Source material Start Marker
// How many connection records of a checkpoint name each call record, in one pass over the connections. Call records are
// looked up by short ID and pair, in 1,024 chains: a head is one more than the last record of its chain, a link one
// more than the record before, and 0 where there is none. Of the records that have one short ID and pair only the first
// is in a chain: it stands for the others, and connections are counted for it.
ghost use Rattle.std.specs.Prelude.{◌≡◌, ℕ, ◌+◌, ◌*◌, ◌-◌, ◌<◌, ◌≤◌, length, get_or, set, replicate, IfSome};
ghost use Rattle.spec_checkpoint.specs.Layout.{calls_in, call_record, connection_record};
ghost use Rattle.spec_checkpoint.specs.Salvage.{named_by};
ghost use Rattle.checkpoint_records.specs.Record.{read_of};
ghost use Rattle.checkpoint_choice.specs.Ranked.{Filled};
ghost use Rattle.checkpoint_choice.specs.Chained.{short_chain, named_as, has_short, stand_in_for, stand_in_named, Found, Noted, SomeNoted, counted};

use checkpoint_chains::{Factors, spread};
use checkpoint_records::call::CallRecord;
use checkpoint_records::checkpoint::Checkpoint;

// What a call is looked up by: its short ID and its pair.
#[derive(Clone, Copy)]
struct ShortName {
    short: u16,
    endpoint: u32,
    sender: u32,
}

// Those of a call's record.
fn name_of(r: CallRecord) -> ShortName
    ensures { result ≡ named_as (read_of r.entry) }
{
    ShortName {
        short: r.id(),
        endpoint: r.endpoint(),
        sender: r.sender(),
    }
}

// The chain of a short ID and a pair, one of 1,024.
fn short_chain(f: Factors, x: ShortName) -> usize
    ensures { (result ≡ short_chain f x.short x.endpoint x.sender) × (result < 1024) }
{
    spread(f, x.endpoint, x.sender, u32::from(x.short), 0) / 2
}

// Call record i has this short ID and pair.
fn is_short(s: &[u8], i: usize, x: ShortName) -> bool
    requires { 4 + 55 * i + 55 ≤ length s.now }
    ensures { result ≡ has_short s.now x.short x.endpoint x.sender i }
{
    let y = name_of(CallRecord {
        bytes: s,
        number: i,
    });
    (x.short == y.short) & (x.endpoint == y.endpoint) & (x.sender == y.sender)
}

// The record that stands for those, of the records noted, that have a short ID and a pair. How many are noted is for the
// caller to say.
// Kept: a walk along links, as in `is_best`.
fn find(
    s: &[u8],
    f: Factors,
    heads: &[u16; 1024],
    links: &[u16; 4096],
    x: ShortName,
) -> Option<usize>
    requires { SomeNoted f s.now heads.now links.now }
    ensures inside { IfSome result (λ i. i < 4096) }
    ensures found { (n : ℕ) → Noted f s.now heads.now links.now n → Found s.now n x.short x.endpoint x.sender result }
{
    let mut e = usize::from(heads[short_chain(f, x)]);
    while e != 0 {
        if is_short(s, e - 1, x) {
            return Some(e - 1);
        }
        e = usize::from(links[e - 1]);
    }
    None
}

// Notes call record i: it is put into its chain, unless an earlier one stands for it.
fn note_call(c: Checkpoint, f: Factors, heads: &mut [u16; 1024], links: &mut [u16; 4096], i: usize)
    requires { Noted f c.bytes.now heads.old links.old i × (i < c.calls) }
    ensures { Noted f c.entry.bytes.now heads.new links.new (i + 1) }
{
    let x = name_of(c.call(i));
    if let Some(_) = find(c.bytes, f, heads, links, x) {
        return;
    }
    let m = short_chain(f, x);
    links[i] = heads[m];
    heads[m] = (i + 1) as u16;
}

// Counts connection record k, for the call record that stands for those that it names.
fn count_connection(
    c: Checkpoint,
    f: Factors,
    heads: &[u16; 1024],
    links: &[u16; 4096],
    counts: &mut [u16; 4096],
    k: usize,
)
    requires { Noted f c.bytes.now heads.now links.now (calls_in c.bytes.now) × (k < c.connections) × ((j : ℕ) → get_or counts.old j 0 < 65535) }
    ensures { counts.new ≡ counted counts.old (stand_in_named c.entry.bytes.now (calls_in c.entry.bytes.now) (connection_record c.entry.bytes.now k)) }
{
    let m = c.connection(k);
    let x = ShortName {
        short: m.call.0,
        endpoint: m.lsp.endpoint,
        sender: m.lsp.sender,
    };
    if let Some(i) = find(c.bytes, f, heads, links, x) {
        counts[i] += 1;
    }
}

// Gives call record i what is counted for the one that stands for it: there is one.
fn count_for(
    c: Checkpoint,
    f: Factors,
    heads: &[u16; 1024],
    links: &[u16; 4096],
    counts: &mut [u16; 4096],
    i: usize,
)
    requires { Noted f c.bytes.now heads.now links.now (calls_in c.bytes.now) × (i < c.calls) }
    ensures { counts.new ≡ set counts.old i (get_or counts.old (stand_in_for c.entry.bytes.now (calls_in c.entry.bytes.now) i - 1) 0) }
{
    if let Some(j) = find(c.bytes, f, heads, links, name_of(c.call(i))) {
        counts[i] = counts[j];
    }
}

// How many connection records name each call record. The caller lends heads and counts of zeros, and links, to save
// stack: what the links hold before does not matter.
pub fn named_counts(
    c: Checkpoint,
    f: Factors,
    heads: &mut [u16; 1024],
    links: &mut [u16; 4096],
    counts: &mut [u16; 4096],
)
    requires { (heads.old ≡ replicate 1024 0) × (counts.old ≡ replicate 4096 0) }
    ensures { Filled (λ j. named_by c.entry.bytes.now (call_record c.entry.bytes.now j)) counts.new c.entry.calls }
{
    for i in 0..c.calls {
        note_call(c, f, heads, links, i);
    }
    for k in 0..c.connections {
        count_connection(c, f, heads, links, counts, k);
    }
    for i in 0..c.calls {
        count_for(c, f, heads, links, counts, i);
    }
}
Source material End Marker
Now copy each line of the entries that mentions "Filled".

## [Task answer]
ghost use Rattle.checkpoint_choice.specs.Ranked.{Filled};
    ensures { Filled (λ j. named_by c.entry.bytes.now (call_record c.entry.bytes.now j)) counts.new c.entry.calls }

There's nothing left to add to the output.